Vogel U, Dybdahl M, Frentz G, Nexo B A
National Institute of Occupational Health, Lerso Parkalle 105, Dk-2100, Copenhagen, Denmark.
Mutat Res. 2000 Nov 9;461(3):197-210. doi: 10.1016/s0921-8777(00)00051-3.

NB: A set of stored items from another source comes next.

// How what a step shows is written.

/// How what a step shows is written.
#[derive(Clone, Copy, Debug, PartialEq, Eq)]
pub enum Form {
    /// The bytes that it prints.
    Printed,
    /// A line, of communications too.
    Line,
}
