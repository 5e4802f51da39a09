// The run of a core process of which what its steps show is written on a sink.
ghost use Rattle.std.specs.Prelude.{◌≡◌, ◌≤◌, ◌<◌, ◌+◌, ◌^◌, IfOk, OnErr, Err};
ghost use Rattle.pict_outside.specs.Counts.{Rose};
ghost use Rattle.pict_core.specs.Configuration.{Configuration, IsConfiguration};
ghost use Rattle.pict_core.specs.Plain.{plain_core};
ghost use Rattle.pict_core.specs.Closed.{IsClosed};
ghost use Rattle.pict_view.specs.View.{StandsFor};
ghost use Rattle.pict_machine.specs.Machine.{IsMachine, view_of, channels_of};
ghost use Rattle.pict_machine.specs.Events.{end_of};
ghost use Rattle.pict_view.specs.Right.{IsRightFor, RunsRight};
ghost use Rattle.pict_view.specs.Watching.{Ran, BrokeOff, Saw, SawOrTore};
ghost use Rattle.pict_top.specs.Changes.{change_of, GainedFront, FailedWithin};
ghost use Rattle.pict_top.specs.Answer.{Shows};
ghost use Rattle.pict_top.specs.Printed.{form_of, shown_in, written_after, WrittenInPart, Finished, Somehow};

use crate::form::Form;
use crate::printer::Printer;
use pict_core::Core;
use pict_machine::{End, Machine, RunError};
use pict_outside::Sink;
use pict_syntax::{FUEL_LIMIT, Names};
use std::alloc::{AllocError, Global};

/// Runs a process for up to `fuel` steps, none of which may be wrong, and writes what they show, in this form, by these names.
/// On an error a beginning of what the run shows was written; `Sink` comes only where the sink's count of faults rose.
pub fn run_core<O: Sink>(
    alloc: Global,
    form: Form,
    names: &Names,
    core: Core,
    fuel: u64,
    out: &mut O,
) -> Result<End, RunError>
    requires closed { IsClosed (plain_core core) }
    requires fuel { fuel ≤ FUEL_LIMIT }
    requires right { RunsRight (plain_core core) fuel }
    ensures ran { IfOk result (λ end.
        Finished (Shows (plain_core core) fuel (shown_in form names.now)) end (change_of O.taken O.faults out.old out.new)) }
    ensures sink { result ≡ Err RunError.Sink → Somehow (Shows (plain_core core) fuel (shown_in form names.now))
        (FailedWithin (change_of O.taken O.faults out.old out.new)) }
    ensures memory { result ≡ Err RunError.Memory → Somehow (Shows (plain_core core) fuel (shown_in form names.now))
        (GainedFront (change_of O.taken O.faults out.old out.new)) }
    ensures faults_stay { O.faults out.old ≤ O.faults out.new }
{
    let mut machine = match Machine::load_core(alloc, core) {
        Ok(machine) => machine,
        Err(AllocError) => return Err(RunError::Memory),
    };
    watch(alloc, form, names, &mut machine, fuel, out)
}

/// Runs a machine, and writes what its steps show.
fn watch<O: Sink>(
    alloc: Global,
    form: Form,
    names: &Names,
    machine: &mut Machine,
    fuel: u64,
    out: &mut O,
) -> Result<End, RunError>
    requires kept { IsMachine machine.old }
    requires fuel { fuel ≤ FUEL_LIMIT }
    requires few { channels_of machine.old + fuel < 2 ^ 32 }
    requires right { IsRightFor (view_of machine.old) fuel }
    ensures end { IfOk result (λ end. (C : Configuration) → IsConfiguration C → StandsFor (view_of machine.old) C
        → Ran C fuel (end_of end) (view_of machine.new)
        (Saw (written_after (form_of form names.now)) (O.taken out.old) (O.taken out.new))) }
    ensures broken { OnErr result ((C : Configuration) → IsConfiguration C → StandsFor (view_of machine.old) C
        → BrokeOff C fuel (StandsFor (view_of machine.new))
        (SawOrTore (written_after (form_of form names.now)) (WrittenInPart (form_of form names.now)) (O.taken out.old) (O.taken out.new))) }
    ensures sink { result ≡ Err RunError.Sink → Rose (O.faults out.old) (O.faults out.new) }
    ensures faults_stay { O.faults out.old ≤ O.faults out.new }
{
    let mut printer = Printer {
        alloc,
        form,
        names,
        out,
    };
    machine.run(fuel, &mut printer)
}
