//! Laws of core typing and of typed programs over the definitions alone: free steps keep typing, and typed programs are never
//! wrong.
#![tactic(auto)]

mod source_laws;
mod typing_laws;

pub use pict_bridge::law_source_to_core;
pub use pict_reduction::{
    law_channel_order, law_done, law_parked, law_reading, law_reduction_is_reached,
};
pub use source_laws::law_never_wrong;
pub use typing_laws::{
    law_free_step_keeps, law_no_choices_go_wrong, law_not_wrong, law_typed_runs_are_right,
};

We have previously shown that high DNA repair capacity protects psoriasis patients against chemically induced basal cell carcinoma [Dybdahl et al. Mutat. Res. 433 (1999) 15-22]. We have used the same study persons to investigate the correlation between expression of eight genes involved in nucleotide excision repair and DNA repair capacity. mRNA levels of XPA, XPB, XPC, XPD, XPF, XPG, CSB and ERCC1 in primary lymphocytes from 33 individuals were quantified by dot-blots and normalized to beta-actin. ERCC1 and XPD mRNA quantities were highly correlated (r=0.89; P<10(-11)) while XPA, XPB, XPC, XPG, XPFand CSB mRNAs were moderately correlated (r=0.2-0.7). Thus, the mRNA expressions seem to fall in at least two groups. There was a three to sevenfold variation in the expression levels of the mRNAs. This is in contrast to the more than a hundredfold variation in mRNA levels reported in cancer patients.DNA repair capacity was measured in a host cell reactivation assay, where primary lymphocytes were transfected with an UV-irradiated plasmid encoding firefly-luciferase. Only ERCC1 and XPD mRNA levels correlated with the DNA repair capacity (P<0.03). In order to see if ERCC1 or XPD activity was limiting for DNA repair, we cotransfected with plasmids encoding NER genes, thus over-expressing either XPB, XPC, XPD, CSB or ERCC1 in the host cell reactivation assay. Only XPB over-expression increased DNA repair capacity. Thus, there is no indication that neither XPD nor ERCC1 limits the DNA repair capacity. However, our results indicate that ERCC1 and XPD mRNA levels may be used as a proxy for DNA repair capacity in lymphocytes.
我们之前已经表明,高DNA修复能力可保护银屑病患者免受化学诱导的基底细胞癌的侵害[Dybdahl等人,《突变研究》433(1999年)15 - 22页]。我们使用相同的研究对象来调查参与核苷酸切除修复的八个基因的表达与DNA修复能力之间的相关性。通过斑点印迹法定量测定了33名个体原代淋巴细胞中XPA、XPB、XPC、XPD、XPF、XPG、CSB和ERCC1的mRNA水平,并以β - 肌动蛋白进行标准化。ERCC1和XPD的mRNA量高度相关(r = 0.89;P < 10⁻¹¹),而XPA、XPB、XPC、XPG、XPF和CSB的mRNA则中度相关(r = 0.2 - 0.7)。因此,mRNA表达似乎至少分为两组。这些mRNA的表达水平存在三到七倍的差异。这与癌症患者中报道的mRNA水平超过一百倍的差异形成对比。在宿主细胞再激活试验中测量DNA修复能力,其中用编码萤火虫荧光素酶的紫外线照射质粒转染原代淋巴细胞。只有ERCC1和XPD的mRNA水平与DNA修复能力相关(P < 0.03)。为了查看ERCC1或XPD的活性是否限制DNA修复,我们在宿主细胞再激活试验中与编码核苷酸切除修复基因的质粒共转染,从而使XPB、XPC、XPD、CSB或ERCC1中的任何一个过表达。只有XPB的过表达增加了DNA修复能力。因此,没有迹象表明XPD或ERCC1限制了DNA修复能力。然而,我们的结果表明,ERCC1和XPD的mRNA水平可作为淋巴细胞中DNA修复能力的替代指标。